■ **Data provided**:

* * *

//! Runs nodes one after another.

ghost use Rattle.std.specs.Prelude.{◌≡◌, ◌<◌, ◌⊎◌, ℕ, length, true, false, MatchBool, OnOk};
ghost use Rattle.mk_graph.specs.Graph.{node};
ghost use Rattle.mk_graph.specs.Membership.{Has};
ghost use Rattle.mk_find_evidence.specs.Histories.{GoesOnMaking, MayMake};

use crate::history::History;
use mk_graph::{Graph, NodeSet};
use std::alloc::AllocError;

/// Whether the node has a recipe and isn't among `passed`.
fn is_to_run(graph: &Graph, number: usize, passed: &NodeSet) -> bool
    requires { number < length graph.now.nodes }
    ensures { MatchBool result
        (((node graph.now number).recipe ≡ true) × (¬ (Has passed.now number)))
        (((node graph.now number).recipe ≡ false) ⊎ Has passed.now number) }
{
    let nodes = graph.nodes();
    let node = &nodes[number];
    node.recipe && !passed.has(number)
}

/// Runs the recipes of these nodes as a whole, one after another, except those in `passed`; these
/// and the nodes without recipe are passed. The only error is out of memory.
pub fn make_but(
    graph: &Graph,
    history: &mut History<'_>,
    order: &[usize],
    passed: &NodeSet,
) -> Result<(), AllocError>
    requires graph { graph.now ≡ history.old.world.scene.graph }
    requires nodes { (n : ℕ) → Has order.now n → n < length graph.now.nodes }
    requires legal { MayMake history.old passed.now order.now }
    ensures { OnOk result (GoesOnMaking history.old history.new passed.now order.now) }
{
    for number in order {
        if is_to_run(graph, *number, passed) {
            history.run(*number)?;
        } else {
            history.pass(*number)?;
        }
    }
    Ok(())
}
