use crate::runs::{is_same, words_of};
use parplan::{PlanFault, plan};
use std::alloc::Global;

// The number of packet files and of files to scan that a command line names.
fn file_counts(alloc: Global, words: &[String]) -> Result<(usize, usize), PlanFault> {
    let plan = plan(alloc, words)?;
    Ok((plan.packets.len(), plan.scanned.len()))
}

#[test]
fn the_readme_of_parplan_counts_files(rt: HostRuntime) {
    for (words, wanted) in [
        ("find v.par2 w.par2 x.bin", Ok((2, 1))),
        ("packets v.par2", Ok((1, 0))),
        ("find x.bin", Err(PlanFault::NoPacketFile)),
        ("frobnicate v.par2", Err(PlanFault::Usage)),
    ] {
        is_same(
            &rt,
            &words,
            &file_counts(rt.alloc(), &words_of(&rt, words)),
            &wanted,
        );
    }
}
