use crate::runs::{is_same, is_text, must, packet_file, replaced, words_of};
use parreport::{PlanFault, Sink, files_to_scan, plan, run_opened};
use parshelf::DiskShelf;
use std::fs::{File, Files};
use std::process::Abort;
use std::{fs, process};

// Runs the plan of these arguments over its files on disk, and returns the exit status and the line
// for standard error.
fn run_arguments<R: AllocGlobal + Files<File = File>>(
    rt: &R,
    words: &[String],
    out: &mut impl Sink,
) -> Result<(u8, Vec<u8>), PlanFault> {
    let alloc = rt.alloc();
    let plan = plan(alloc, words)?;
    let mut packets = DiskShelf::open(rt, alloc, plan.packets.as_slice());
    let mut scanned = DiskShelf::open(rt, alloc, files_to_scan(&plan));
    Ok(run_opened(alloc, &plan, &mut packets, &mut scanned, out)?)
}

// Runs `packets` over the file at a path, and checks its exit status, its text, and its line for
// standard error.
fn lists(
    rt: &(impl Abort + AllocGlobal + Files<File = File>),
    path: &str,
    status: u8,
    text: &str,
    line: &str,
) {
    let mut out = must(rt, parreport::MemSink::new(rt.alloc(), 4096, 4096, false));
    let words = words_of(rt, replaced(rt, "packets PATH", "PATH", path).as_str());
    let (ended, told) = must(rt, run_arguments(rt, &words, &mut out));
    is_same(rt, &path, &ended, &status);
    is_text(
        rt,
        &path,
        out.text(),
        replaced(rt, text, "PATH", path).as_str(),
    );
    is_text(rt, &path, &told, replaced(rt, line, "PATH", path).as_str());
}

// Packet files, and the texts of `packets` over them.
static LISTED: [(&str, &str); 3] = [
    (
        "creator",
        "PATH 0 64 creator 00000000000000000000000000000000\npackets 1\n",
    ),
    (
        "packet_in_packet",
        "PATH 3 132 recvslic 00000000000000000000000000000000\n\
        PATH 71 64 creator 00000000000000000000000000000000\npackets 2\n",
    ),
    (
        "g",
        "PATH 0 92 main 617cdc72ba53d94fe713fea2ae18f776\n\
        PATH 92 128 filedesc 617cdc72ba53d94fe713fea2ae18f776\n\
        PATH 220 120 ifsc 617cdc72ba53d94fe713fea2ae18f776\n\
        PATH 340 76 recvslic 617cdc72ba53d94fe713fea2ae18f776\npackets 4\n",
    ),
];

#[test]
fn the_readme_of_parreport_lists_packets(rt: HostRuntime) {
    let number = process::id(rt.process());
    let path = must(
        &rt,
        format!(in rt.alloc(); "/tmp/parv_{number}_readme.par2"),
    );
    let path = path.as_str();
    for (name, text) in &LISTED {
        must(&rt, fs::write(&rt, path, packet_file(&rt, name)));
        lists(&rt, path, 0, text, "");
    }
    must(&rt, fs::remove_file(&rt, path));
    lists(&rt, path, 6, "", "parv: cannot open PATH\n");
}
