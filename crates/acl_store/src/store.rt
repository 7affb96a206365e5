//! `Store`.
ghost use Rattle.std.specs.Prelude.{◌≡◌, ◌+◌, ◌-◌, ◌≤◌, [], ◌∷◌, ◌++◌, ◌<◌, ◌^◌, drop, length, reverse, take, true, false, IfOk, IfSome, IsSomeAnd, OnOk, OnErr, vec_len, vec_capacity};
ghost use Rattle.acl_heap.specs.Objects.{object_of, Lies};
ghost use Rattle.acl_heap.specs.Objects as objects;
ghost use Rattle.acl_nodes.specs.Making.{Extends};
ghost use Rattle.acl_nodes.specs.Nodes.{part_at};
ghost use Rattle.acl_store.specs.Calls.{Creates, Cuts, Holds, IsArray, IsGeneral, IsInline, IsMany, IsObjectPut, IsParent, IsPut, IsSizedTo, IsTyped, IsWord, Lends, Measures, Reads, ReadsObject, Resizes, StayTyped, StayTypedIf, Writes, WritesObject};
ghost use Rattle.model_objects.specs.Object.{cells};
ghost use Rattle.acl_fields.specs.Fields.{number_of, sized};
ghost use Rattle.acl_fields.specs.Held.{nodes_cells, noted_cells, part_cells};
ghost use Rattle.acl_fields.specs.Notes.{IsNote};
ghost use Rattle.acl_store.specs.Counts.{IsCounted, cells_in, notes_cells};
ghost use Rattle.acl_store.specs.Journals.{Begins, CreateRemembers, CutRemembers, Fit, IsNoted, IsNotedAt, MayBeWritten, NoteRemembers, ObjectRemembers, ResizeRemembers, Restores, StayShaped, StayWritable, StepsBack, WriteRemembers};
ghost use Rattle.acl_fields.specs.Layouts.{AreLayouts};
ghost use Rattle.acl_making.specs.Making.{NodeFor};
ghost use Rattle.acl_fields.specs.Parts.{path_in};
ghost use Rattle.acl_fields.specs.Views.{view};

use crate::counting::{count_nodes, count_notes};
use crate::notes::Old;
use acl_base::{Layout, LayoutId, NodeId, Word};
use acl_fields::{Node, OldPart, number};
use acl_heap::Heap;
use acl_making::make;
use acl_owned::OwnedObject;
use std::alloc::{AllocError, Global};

* * *

■ **What this task involves**:
Output, please, only the lines running from the start of the entries through the line that contains "if is_to_run(graph, *number, passed)", including both of those lines.

■ **Solution to the problem**:
//! Runs nodes one after another.

ghost use Rattle.std.specs.Prelude.{◌≡◌, ◌<◌, ◌⊎◌, ℕ, length, true, false, MatchBool, OnOk};
ghost use Rattle.mk_graph.specs.Graph.{node};
ghost use Rattle.mk_graph.specs.Membership.{Has};
ghost use Rattle.mk_find_evidence.specs.Histories.{GoesOnMaking, MayMake};

use crate::history::History;
use mk_graph::{Graph, NodeSet};
use std::alloc::AllocError;

/// Whether the node has a recipe and isn't among `passed`.
fn is_to_run(graph: &Graph, number: usize, passed: &NodeSet) -> bool
    requires { number < length graph.now.nodes }
    ensures { MatchBool result
        (((node graph.now number).recipe ≡ true) × (¬ (Has passed.now number)))
        (((node graph.now number).recipe ≡ false) ⊎ Has passed.now number) }
{
    let nodes = graph.nodes();
    let node = &nodes[number];
    node.recipe && !passed.has(number)
}

/// Runs the recipes of these nodes as a whole, one after another, except those in `passed`; these
/// and the nodes without recipe are passed. The only error is out of memory.
pub fn make_but(
    graph: &Graph,
    history: &mut History<'_>,
    order: &[usize],
    passed: &NodeSet,
) -> Result<(), AllocError>
    requires graph { graph.now ≡ history.old.world.scene.graph }
    requires nodes { (n : ℕ) → Has order.now n → n < length graph.now.nodes }
    requires legal { MayMake history.old passed.now order.now }
    ensures { OnOk result (GoesOnMaking history.old history.new passed.now order.now) }
{
    for number in order {
        if is_to_run(graph, *number, passed) {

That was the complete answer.